* _TASK OBJECTIVE_
Given the material below, return only the lines starting at the line with "no command's form." and ending at the line with "doesn't enable the transition.", exactly as they appear.

* _EXTRACTED MATERIAL_
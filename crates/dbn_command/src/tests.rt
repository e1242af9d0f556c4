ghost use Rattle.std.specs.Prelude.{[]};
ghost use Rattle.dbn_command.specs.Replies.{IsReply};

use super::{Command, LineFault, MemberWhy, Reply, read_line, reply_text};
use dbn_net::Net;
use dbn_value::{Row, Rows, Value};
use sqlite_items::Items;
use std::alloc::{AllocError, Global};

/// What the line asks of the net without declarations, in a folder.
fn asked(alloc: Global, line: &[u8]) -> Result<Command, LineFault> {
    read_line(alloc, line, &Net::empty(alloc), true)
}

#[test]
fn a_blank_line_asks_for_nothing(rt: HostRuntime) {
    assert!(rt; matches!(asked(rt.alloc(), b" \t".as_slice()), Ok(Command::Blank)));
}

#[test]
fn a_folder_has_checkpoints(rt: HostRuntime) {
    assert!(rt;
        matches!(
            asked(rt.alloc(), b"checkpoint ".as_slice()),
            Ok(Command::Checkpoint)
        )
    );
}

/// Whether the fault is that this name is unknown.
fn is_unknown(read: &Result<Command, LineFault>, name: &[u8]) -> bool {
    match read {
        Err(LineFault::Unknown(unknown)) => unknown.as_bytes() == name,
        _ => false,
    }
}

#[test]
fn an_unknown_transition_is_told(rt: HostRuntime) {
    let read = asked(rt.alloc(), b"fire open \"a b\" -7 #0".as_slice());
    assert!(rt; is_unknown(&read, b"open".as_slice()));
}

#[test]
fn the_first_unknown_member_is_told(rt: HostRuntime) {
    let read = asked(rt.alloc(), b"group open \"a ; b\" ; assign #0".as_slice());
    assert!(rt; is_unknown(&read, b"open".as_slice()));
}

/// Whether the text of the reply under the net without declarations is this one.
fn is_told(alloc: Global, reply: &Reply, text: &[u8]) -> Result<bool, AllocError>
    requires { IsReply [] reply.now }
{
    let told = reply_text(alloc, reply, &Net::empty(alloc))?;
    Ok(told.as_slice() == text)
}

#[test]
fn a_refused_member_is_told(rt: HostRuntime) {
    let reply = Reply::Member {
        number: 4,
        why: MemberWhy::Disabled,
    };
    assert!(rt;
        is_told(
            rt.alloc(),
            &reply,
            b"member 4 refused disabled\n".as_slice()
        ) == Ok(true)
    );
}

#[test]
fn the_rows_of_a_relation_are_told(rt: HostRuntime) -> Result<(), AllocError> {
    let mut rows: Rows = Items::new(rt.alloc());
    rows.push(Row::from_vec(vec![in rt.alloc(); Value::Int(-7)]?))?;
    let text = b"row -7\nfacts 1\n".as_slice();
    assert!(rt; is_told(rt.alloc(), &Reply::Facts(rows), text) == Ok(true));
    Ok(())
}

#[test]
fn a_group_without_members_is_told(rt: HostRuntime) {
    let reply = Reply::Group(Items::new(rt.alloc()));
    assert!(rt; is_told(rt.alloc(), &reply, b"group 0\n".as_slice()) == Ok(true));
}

* * *

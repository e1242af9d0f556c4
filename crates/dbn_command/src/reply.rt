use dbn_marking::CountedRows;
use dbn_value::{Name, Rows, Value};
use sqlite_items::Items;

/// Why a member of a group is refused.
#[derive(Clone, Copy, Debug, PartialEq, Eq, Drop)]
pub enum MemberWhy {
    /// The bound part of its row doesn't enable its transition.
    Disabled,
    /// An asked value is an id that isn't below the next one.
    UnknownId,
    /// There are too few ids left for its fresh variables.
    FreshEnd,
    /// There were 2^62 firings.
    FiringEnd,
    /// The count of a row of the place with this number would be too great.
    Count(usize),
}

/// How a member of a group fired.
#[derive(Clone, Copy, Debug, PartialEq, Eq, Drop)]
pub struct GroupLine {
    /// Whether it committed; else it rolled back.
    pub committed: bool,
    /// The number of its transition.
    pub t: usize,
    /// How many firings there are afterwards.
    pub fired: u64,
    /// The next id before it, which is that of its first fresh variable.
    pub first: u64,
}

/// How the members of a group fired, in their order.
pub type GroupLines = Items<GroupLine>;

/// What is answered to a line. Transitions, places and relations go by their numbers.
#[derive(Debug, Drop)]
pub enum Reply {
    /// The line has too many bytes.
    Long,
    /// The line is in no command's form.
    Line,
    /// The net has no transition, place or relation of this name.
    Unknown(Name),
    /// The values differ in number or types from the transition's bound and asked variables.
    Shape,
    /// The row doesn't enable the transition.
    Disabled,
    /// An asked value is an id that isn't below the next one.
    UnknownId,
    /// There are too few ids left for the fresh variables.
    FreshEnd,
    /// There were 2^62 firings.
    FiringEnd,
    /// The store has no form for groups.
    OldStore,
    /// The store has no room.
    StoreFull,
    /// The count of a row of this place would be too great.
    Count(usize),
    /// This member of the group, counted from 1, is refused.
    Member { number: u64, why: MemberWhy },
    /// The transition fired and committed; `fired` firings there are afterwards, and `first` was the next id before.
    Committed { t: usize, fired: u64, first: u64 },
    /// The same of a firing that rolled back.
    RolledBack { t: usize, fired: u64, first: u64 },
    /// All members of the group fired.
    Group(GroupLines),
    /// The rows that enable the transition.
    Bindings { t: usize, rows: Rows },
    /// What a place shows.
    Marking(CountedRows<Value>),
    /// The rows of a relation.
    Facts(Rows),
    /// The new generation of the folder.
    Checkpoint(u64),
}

* _ANSWER BOX_
    /// The line is in no command's form.
    Line,
    /// The net has no transition, place or relation of this name.
    Unknown(Name),
    /// The values differ in number or types from the transition's bound and asked variables.
    Shape,
    /// The row doesn't enable the transition.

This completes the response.